Exercise E5. Bit-Level Visualization. Write a program that takes a set of 0..7 and displays its internal bit representation as 8 binary digits. Then demonstrate that union corresponds to OR, intersection to AND, and difference to AND NOT by showing the bit patterns alongside the set operations.

Part M: Metacognitive Exercises

Exercise M1. Before reading Section 12.6, predict how you think Pascal stores a set of TDay internally. After reading the section, compare your prediction to the actual implementation. What surprised you? What did you get right?

Exercise M2. Think of a program you have written (in any language) that used magic numbers or string comparisons where an enumeration would have been better. Describe the specific bugs or maintenance problems that occurred (or could have occurred) and how enumerations would have prevented them.

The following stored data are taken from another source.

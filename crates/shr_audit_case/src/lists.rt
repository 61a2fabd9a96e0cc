// SPDX-License-Identifier: GPL-2.0-only
//! The journals of all lists of a report, replayed.

ghost use Rattle.std.specs.Prelude.{◌≡◌, ◌+◌, ◌-◌, ◌<◌, ◌≤◌, [], length, slice_get, Some, IfOk, OnOk};
ghost use Rattle.shr_model.specs.Families.{lists_moved};
ghost use Rattle.shr_model.specs.Trees.{IsTree};
ghost use Rattle.shr_audit_case.specs.Groups.{AreReplayed};
ghost use Rattle.shr_audit_case.specs.Journals.{IsReplayed};
ghost use Rattle.shr_audit_case.specs.Replayed.{took_of};
ghost use Rattle.shr_audit_case.specs.Lists.{AreReplays, IsReplayOfList, items_printed_in, journals_in};
ghost use Rattle.shr_audit_case.specs.Places.{AreInOrder, end_printed};
ghost use Rattle.shr_audit_case.specs.Replaying.{AreFirsts, AreReplaysBefore, IsNewAt, AreReplaysAt, IsTakenOut, on_node};

use crate::groups::replay_groups;
use crate::journal::{Replayed, replay_journal};
use crate::places::index_of;
use shr_base::ends::PlaceEnd;
use shr_base::memory::Memory;
use shr_base::places::Place;
use shr_list::queue::Queue;
use std::alloc::Global;
use std::mem::replace;

// The index of the list of a place, or one past the last list.
fn first_at(ends: &[PlaceEnd], place: Place) -> usize
    requires { AreInOrder ends.now }
    ensures { slice_get ends.now result ≡ end_printed ends.now place }
{
    match index_of(ends, place) {
        Some(k) => k,
        None => ends.len(),
    }
}

// That of each group's list at the id and node of a place.
fn firsts_at(
    alloc: Global,
    ends: &[PlaceEnd],
    place: Place,
    count: usize,
) -> Result<Vec<usize>, Memory>
    requires order { AreInOrder ends.now }
    requires few { count ≤ 65536 }
    ensures { IfOk result (λ firsts. AreFirsts ends.now place count firsts.items) }
{
    let mut firsts = Vec::new(alloc);
    for group in 0..count {
        let at = Place {
            id: place.id,
            node: place.node,
            group: group as u16,
        };
        firsts.push(first_at(ends, at))?;
    }
    Ok(firsts)
}

// The replays of all groups at the id and node of a place, the last group first.
fn replay_node(
    alloc: Global,
    parents: &[u16],
    ends: &[PlaceEnd],
    place: Place,
) -> Result<Vec<Replayed>, Memory>
    requires tree { IsTree parents.now }
    requires few { length parents.now ≤ 65536 }
    requires order { AreInOrder ends.now }
    ensures { IfOk result (λ told. AreReplayed parents.now
        (journals_in ends.now) (items_printed_in ends.now) place told.items) }
{
    let firsts = firsts_at(alloc, ends, place, parents.len())?;
    let told = replay_groups(alloc, parents, ends, firsts.as_slice())?;
    Ok(told)
}

fn nothing(alloc: Global) -> Replayed {
    Replayed {
        lens: Vec::new(alloc),
        freed: Vec::new(alloc),
        values: Vec::new(alloc),
        left: Vec::new(alloc),
        listed: true,
        right: true,
    }
}

// Takes the replay of a list out of those of its id and node. A group that isn't one of the tree has
// no children, and is replayed alone.
fn take_replay(
    alloc: Global,
    parents: &[u16],
    end: &PlaceEnd,
    node: &mut Vec<Replayed>,
) -> Result<Replayed, Memory>
    requires { length node.old.items ≡ length parents.now }
    ensures taken { IfOk result (λ r. end.now.place.group < length parents.now
        → slice_get node.old.items (length parents.now - 1 - end.now.place.group) ≡ Some r) }
    ensures alone { IfOk result (λ r. length parents.now ≤ end.now.place.group
        → IsReplayed (lists_moved (took_of parents.now end.now.place.group [])
        end.now.entries.items) end.now.entries.items end.now.items.items r) }
    ensures others { OnOk result (IsTakenOut
        (length parents.now) end.now.place.group node.old.items node.new.items) }
{
    let group = end.place.group as usize;
    if group < parents.len() {
        let i = parents.len() - 1 - group;
        return Ok(replace(&mut node[i], nothing(alloc)));
    }
    let mut none: Vec<Queue> = Vec::new(alloc);
    let (told, _given) = replay_journal(
        alloc,
        parents,
        end.place.group,
        end.entries.as_slice(),
        &end.items,
        &mut none,
    )?;
    Ok(told)
}

// Whether two places are of one id and node.
fn on_node(p: Place, q: Place) -> bool
    ensures { result ≡ on_node p q }
{
    p.id == q.id && p.node == q.node
}

// Whether the id and node of a list are new: no list before is of them.
fn is_new(ends: &[PlaceEnd], k: usize) -> bool
    requires { k < length ends.now }
    ensures { IsNewAt ends.now k result }
{
    k == 0 || !on_node(ends[k - 1].place, ends[k].place)
}

// Where a list is of a new id and node, makes the replays of all its groups.
fn renew(
    alloc: Global,
    parents: &[u16],
    ends: &[PlaceEnd],
    k: usize,
    node: &mut Vec<Replayed>,
) -> Result<(), Memory>
    requires tree { IsTree parents.now }
    requires few { length parents.now ≤ 65536 }
    requires order { AreInOrder ends.now }
    requires there { k < length ends.now }
    requires left { AreReplaysBefore parents.now ends.now k node.old.items }
    ensures { OnOk result (AreReplaysAt parents.now ends.now k node.new.items) }
{
    if !is_new(ends, k) {
        return Ok(());
    }
    *node = replay_node(alloc, parents, ends, ends[k].place)?;
    Ok(())
}

// Replays the next list. `node` has the replays of its id and node that weren't taken yet.
fn replay_next(
    alloc: Global,
    parents: &[u16],
    ends: &[PlaceEnd],
    k: usize,
    node: &mut Vec<Replayed>,
) -> Result<Replayed, Memory>
    requires tree { IsTree parents.now }
    requires few { length parents.now ≤ 65536 }
    requires order { AreInOrder ends.now }
    requires there { k < length ends.now }
    requires left { AreReplaysBefore parents.now ends.now k node.old.items }
    ensures replayed { IfOk result (λ r. IsReplayOfList parents.now ends.now k r) }
    ensures left { OnOk result (AreReplaysBefore parents.now ends.now (k + 1) node.new.items) }
{
    renew(alloc, parents, ends, k, node)?;
    let replayed = take_replay(alloc, parents, &ends[k], node)?;
    Ok(replayed)
}

/// Replays the journal of each list, in the order of the lists.
pub fn replay_lists(
    alloc: Global,
    parents: &[u16],
    ends: &[PlaceEnd],
) -> Result<Vec<Replayed>, Memory>
    requires tree { IsTree parents.now }
    requires few { length parents.now ≤ 65536 }
    requires order { AreInOrder ends.now }
    ensures { IfOk result (λ told. AreReplays parents.now ends.now told.items) }
{
    let mut told = Vec::new(alloc);
    let mut node = Vec::new(alloc);
    for k in 0..ends.len() {
        let replayed = replay_next(alloc, parents, ends, k, &mut node)?;
        told.push(replayed)?;
    }
    Ok(told)
}
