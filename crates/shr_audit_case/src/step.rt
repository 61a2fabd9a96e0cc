// SPDX-License-Identifier: GPL-2.0-only
//! One entry of a journal, replayed on a queue.

ghost use Rattle.std.specs.Prelude.{◌≡◌, ℕ, IfOk, OnOk, [], option_copied};
ghost use Rattle.shr_model.specs.Items.{drop_kind_of};
ghost use Rattle.shr_base.specs.declared.journals.Entry.TheVariants.{Add, Look, Drop, Pin, Scan, MovedIn, Closed, Drained};
ghost use Rattle.shr_audit_case.specs.Replay.{Replays, left_given};

use crate::tags::Tag;
use shr_base::journals::{DropKind, Entry};
use shr_base::log::Log;
use shr_base::memory::Memory;
use shr_base::objects::{Object, Policy};
use shr_base::places::Serial;
use shr_base::text::Text;
use shr_list::queue::Queue;
use std::alloc::Global;

/// What an entry freed, the value that it met if it is a Look, and whether its outcome is so.
#[derive(Drop)]
pub struct Told {
    pub freed: Log<Object>,
    pub value: Option<Text>,
    pub right: bool,
}

fn add(
    alloc: Global,
    queue: &mut Queue,
    tag: Tag,
    key: &Text,
    value: &Text,
    added: bool,
) -> Result<Told, Memory>
    ensures { IfOk result (λ t. Replays [] queue.old.items queue.new.items
        (Add tag.serial tag.birth added key.now value.now) t) }
{
    let object = Object {
        serial: tag.serial,
        birth: tag.birth,
        key: key.copy()?,
        value: value.copy()?,
        marked: false,
        pinned: false,
    };
    let Ok(pushed) = queue.push(object) else {
        return Err(Memory);
    };
    Ok(Told {
        freed: Log::new(alloc),
        value: None,
        right: added == pushed,
    })
}

fn look(
    alloc: Global,
    queue: &mut Queue,
    by: Serial,
    birth: u16,
    key: &Text,
    hit: bool,
) -> Result<Told, Memory>
    ensures { IfOk result (λ t. Replays [] queue.old.items queue.new.items
        (Look by birth key.now hit) t) }
{
    let held = queue.holds(birth, key);
    let value = queue.look(birth, key)?;
    Ok(Told {
        freed: Log::new(alloc),
        value,
        right: hit == held,
    })
}

fn pin(alloc: Global, queue: &mut Queue, tag: Tag, key: &Text, pinned: bool, hit: bool) -> Told
    ensures { Replays [] queue.old.items queue.new.items
        (Pin tag.serial tag.birth key.now pinned hit) result }
{
    let held = queue.holds(tag.birth, key);
    queue.set_pin(tag.birth, key, pinned);
    Told {
        freed: Log::new(alloc),
        value: None,
        right: hit == held,
    }
}

fn scan(
    queue: &mut Queue,
    asked: u32,
    policy: Policy,
    visits: u32,
    freed: u32,
    stopped: bool,
) -> Result<Told, Memory>
    ensures { IfOk result (λ t. (worker walk : ℕ) → Replays [] queue.old.items queue.new.items
        (Scan worker walk asked policy visits freed stopped) t) }
{
    let met = queue.scan(policy, asked)?;
    let right = visits == met.visits && freed as usize == met.freed.len() && stopped == met.stopped;
    Ok(Told {
        freed: met.freed,
        value: None,
        right,
    })
}

fn drained(queue: &mut Queue, by: Serial, objects: u32) -> Result<Told, Memory>
    ensures { IfOk result (λ t. Replays [] queue.old.items queue.new.items
        (Drained by objects) t) }
{
    let freed = queue.take_all()?;
    let right = objects as usize == freed.len();
    Ok(Told {
        freed,
        value: None,
        right,
    })
}

// What a drop does with the object that it names.
fn kind_of(object: Option<&Object>) -> DropKind
    ensures { result ≡ drop_kind_of (option_copied object.entry) }
{
    match object {
        None => DropKind::Miss,
        Some(object) if object.pinned => DropKind::Pinned,
        Some(_) => DropKind::Dropped,
    }
}

fn drop_key(
    alloc: Global,
    queue: &mut Queue,
    by: Serial,
    birth: u16,
    key: &Text,
    kind: DropKind,
) -> Result<Told, Memory>
    ensures { IfOk result (λ t. Replays [] queue.old.items queue.new.items
        (Drop by birth key.now kind) t) }
{
    let met = kind_of(queue.get(birth, key));
    let right = kind == met;
    let mut freed = Log::new(alloc);
    if met == DropKind::Dropped {
        freed.reserve(1)?;
        if let (_, Some(object)) = queue.take(birth, key) {
            freed.push(object);
        }
    }
    Ok(Told {
        freed,
        value: None,
        right,
    })
}

fn moved(
    alloc: Global,
    queue: &mut Queue,
    given: &mut Queue,
    child: u16,
    objects: u32,
) -> Result<Told, Memory>
    ensures replayed { IfOk result (λ t. Replays given.old.items queue.old.items queue.new.items
        (MovedIn child objects) t) }
    ensures given { OnOk result (given.new.items ≡ []) }
{
    let right = objects as usize == given.len();
    queue.put_before(given)?;
    Ok(Told {
        freed: Log::new(alloc),
        value: None,
        right,
    })
}

fn closed(alloc: Global, queue: &mut Queue) -> Told
    ensures { Replays [] queue.old.items queue.new.items Closed result }
{
    *queue = Queue::new(alloc);
    Told {
        freed: Log::new(alloc),
        value: None,
        right: true,
    }
}

/// Replays an entry on the objects of a list. `given` is what an entry that moves a child's list in
/// finds there, and such an entry empties it.
///
/// After Memory the objects may be those before the entry or after it.
pub fn replay_entry(
    alloc: Global,
    queue: &mut Queue,
    given: &mut Queue,
    entry: &Entry,
) -> Result<Told, Memory>
    ensures replayed { IfOk result
        (λ t. Replays given.old.items queue.old.items queue.new.items entry.now t) }
    ensures given { OnOk result (given.new.items ≡ left_given given.old.items entry.now) }
{
    match entry {
        Entry::Add {
            by,
            birth,
            added,
            key,
            value,
        } => {
            let tag = Tag {
                serial: *by,
                birth: *birth,
            };
            let told = add(alloc, queue, tag, key, value, *added)?;
            Ok(told)
        }
        Entry::Look {
            by,
            birth,
            key,
            hit,
        } => {
            let told = look(alloc, queue, *by, *birth, key, *hit)?;
            Ok(told)
        }
        Entry::Drop {
            by,
            birth,
            key,
            kind,
        } => {
            let told = drop_key(alloc, queue, *by, *birth, key, *kind)?;
            Ok(told)
        }
        Entry::Pin {
            by,
            birth,
            key,
            pinned,
            hit,
        } => {
            let tag = Tag {
                serial: *by,
                birth: *birth,
            };
            Ok(pin(alloc, queue, tag, key, *pinned, *hit))
        }
        Entry::Scan {
            asked,
            policy,
            visits,
            freed,
            stopped,
            ..
        } => {
            let told = scan(queue, *asked, *policy, *visits, *freed, *stopped)?;
            Ok(told)
        }
        Entry::MovedIn { child, objects } => {
            let told = moved(alloc, queue, given, *child, *objects)?;
            Ok(told)
        }
        Entry::Closed => Ok(closed(alloc, queue)),
        Entry::Drained { by, objects } => {
            let told = drained(queue, *by, *objects)?;
            Ok(told)
        }
    }
}
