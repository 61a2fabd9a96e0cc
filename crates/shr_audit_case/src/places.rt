// SPDX-License-Identifier: GPL-2.0-only
//! The lists of a report by their places.

ghost use Rattle.std.specs.Prelude.{◌≡◌, ℕ, ◌<◌, ◌≤◌, true, false, length, slice_get, Some, None, option_copied, IfSome, IfNone};
ghost use Rattle.std.specs.Bool.{Decides};
ghost use Rattle.shr_base.specs.declared.ends.PlaceEnd.{PlaceEnd};
ghost use Rattle.shr_model.specs.Places.{is_place};
ghost use Rattle.shr_laws.specs.Parts.{journals_of};
ghost use Rattle.shr_audit_case.specs.Places.{AreInOrder, IsFirst, IsIndexOf, comes_before, end_printed};

use shr_base::ends::PlaceEnd;
use shr_base::journals::Entry;
use shr_base::places::Place;
use shr_laws::report::Report;

// Whether a place stands before another: by id, then by node, then by group.
fn comes_before(p: Place, q: Place) -> bool
    ensures { result ≡ comes_before p q }
{
    p.id < q.id || (p.id == q.id && (p.node < q.node || (p.node == q.node && p.group < q.group)))
}

// Whether the two are one place.
fn is_place(p: Place, q: Place) -> bool
    ensures { result ≡ is_place p q }
{
    p.id == q.id && p.node == q.node && p.group == q.group
}

// The index of the first list that doesn't stand before a place.
fn index_from(ends: &[PlaceEnd], place: Place) -> usize
    requires { AreInOrder ends.now }
    ensures before { (n : ℕ) (x : PlaceEnd) → n < result → slice_get ends.now n ≡ Some x
        → comes_before x.place place ≡ true }
    ensures behind { (n : ℕ) (x : PlaceEnd) → result ≤ n → slice_get ends.now n ≡ Some x
        → comes_before x.place place ≡ false }
{
    ends.partition_point(|end| comes_before(end.place, place))
}

/// The index of the list that is printed for a place, the first one where there are more.
pub fn index_of(ends: &[PlaceEnd], place: Place) -> Option<usize>
    requires { AreInOrder ends.now }
    ensures some { IfSome result (λ k. IsIndexOf ends.now place k) }
    ensures none { IfNone result (end_printed ends.now place ≡ None) }
{
    let k = index_from(ends, place);
    if k < ends.len() && is_place(ends[k].place, place) {
        Some(k)
    } else {
        None
    }
}

/// Whether a list is the first one that is printed for its place.
pub fn is_first(ends: &[PlaceEnd], k: usize) -> bool
    requires order { AreInOrder ends.now }
    requires there { k < length ends.now }
    ensures { (end : PlaceEnd) → slice_get ends.now k ≡ Some end
        → Decides result (IsFirst ends.now k end.place) }
{
    k == 0 || comes_before(ends[k - 1].place, ends[k].place)
}

/// The list that is printed for a place.
pub fn end_at(report: &Report, place: Place) -> Option<&PlaceEnd>
    requires { AreInOrder report.now.places.items }
    ensures { option_copied result ≡ end_printed report.now.places.items place }
{
    let ends = report.places.as_slice();
    match index_of(ends, place) {
        Some(k) => Some(&ends[k]),
        None => None,
    }
}

/// The journal of a place; a place that isn't printed has the empty one.
pub fn journal_at(report: &Report, place: Place) -> &[Entry]
    requires { AreInOrder report.now.places.items }
    ensures { result.now ≡ journals_of report.now place }
{
    match end_at(report, place) {
        Some(end) => end.entries.as_slice(),
        None => &[],
    }
}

Exercise M3. Pascal's sets are limited to 256 elements. Write a paragraph arguing that this is a feature, not a limitation. Then write a paragraph arguing that it is a limitation. Which argument do you find more convincing, and why?

Exercise M4. The in operator reads naturally in English: if Day in Weekend. Find three other places in your recent code where set membership tests would improve readability. Rewrite those code snippets using Pascal sets.

Exercise M5. Rank the three type features from this chapter (enumerations, subranges, sets) in order of how useful you think they will be in your own programming. Explain your ranking. Revisit this ranking after completing the case studies and see if your opinion has changed.